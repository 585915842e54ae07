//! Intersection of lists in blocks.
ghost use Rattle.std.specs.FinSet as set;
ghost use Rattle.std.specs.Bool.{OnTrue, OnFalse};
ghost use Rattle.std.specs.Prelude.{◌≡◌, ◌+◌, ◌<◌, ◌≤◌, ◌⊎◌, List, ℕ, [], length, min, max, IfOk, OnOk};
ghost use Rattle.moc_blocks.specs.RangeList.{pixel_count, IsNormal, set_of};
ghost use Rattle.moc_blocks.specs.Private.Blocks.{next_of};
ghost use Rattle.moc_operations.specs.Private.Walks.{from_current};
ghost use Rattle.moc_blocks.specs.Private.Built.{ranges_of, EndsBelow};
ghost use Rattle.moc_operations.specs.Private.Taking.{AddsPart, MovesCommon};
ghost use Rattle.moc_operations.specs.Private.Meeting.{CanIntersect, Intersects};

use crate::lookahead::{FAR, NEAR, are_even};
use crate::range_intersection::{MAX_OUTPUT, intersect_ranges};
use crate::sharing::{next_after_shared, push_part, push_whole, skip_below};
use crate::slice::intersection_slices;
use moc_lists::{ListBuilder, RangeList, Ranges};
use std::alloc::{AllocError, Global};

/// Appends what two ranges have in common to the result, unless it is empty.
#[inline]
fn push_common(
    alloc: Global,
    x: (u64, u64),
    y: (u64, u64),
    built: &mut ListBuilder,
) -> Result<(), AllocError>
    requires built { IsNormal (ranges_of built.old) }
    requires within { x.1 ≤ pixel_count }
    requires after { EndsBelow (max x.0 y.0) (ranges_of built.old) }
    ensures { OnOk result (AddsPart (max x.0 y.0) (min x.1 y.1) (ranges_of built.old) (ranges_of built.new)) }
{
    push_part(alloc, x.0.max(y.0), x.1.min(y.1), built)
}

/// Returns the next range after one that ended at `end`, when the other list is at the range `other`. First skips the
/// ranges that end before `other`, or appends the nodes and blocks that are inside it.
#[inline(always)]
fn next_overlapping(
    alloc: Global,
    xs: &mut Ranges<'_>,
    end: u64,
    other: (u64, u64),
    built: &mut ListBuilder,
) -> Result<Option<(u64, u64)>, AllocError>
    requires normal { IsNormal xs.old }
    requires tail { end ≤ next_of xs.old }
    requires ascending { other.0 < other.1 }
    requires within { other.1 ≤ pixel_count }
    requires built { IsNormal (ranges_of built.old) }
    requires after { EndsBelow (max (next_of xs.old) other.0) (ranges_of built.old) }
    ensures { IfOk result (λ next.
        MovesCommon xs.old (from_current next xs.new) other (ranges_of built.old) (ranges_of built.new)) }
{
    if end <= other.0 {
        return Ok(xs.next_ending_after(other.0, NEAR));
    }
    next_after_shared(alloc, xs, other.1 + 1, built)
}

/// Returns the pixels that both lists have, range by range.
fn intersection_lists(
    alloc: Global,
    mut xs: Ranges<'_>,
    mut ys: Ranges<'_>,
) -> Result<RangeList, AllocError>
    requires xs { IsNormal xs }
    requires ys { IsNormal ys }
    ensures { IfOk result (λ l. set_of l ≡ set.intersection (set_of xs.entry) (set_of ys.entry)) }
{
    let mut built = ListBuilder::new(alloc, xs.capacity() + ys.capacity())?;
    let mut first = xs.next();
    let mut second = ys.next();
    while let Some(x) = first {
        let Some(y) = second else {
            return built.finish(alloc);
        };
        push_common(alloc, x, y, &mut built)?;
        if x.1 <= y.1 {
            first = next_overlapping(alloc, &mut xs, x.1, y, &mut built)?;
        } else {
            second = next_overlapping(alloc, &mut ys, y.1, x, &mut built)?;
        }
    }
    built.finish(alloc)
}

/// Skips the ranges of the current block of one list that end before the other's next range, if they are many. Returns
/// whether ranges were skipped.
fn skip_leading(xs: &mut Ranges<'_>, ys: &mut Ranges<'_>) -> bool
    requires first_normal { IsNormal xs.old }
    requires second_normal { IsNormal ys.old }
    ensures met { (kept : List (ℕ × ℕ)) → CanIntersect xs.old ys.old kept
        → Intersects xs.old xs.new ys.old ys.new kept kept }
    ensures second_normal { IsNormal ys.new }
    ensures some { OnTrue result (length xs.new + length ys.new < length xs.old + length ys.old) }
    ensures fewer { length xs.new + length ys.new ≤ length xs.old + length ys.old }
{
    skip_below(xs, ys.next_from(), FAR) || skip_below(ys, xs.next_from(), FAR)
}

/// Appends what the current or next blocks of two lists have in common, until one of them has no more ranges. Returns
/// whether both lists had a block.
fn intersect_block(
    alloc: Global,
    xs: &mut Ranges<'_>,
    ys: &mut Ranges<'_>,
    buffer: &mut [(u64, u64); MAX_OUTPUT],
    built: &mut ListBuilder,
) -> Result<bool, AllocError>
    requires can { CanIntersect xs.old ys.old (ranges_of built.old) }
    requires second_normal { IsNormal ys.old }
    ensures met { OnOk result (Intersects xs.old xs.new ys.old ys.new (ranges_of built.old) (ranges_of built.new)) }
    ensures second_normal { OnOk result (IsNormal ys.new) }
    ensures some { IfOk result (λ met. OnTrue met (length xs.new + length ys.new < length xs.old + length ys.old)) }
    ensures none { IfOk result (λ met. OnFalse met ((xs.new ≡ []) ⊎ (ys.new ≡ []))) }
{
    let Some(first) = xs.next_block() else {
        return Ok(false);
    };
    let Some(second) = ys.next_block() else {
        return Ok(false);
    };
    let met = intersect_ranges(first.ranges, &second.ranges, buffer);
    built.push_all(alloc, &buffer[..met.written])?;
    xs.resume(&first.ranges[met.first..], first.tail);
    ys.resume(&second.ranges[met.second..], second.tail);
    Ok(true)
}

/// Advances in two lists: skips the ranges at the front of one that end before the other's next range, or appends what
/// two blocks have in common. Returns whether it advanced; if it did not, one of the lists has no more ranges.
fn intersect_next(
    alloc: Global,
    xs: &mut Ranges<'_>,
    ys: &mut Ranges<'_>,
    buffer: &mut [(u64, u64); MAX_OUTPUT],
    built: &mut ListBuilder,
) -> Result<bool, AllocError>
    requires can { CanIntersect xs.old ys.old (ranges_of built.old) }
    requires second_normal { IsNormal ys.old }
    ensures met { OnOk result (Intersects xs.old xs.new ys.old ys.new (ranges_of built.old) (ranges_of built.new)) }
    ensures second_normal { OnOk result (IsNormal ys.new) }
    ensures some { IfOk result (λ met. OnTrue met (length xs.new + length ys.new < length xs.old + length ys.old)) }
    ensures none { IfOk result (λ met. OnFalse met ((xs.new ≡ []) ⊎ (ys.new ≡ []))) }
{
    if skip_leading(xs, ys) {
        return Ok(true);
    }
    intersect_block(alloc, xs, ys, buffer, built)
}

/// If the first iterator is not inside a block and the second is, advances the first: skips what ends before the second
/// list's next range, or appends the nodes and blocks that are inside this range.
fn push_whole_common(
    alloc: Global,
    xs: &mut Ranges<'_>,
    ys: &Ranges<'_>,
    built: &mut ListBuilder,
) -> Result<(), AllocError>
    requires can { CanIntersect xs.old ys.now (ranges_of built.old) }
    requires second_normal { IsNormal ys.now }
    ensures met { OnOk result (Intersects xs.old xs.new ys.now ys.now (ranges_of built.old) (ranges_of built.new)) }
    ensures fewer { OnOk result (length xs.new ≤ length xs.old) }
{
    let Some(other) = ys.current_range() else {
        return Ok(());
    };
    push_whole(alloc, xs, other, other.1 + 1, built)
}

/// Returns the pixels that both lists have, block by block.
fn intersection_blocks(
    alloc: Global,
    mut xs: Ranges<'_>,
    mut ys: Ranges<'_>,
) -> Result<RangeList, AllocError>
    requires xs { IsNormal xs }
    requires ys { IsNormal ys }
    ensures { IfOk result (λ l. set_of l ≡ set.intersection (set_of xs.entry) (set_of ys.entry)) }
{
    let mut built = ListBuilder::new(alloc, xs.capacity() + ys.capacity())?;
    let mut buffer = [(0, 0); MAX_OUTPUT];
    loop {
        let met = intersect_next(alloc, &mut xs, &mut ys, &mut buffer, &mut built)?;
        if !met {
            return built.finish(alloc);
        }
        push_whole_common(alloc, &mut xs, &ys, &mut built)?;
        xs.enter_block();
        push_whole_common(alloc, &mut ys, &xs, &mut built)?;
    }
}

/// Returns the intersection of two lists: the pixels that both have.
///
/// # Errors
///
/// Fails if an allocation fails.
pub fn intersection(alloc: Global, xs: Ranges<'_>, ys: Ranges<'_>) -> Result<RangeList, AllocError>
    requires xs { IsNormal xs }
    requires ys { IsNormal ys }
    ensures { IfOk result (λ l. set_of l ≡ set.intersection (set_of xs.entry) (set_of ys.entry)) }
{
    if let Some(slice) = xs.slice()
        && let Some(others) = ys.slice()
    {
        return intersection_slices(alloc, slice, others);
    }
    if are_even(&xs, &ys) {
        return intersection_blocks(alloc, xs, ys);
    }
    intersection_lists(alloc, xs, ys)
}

◆ ◆ ◆ ◆ ◆

### Action item
Gather every line from the entries above where the word "pixels" appears, and copy them.

### Exercise output
/// Returns the pixels that both lists have, range by range.
/// Returns the pixels that both lists have, block by block.
/// Returns the intersection of two lists: the pixels that both have.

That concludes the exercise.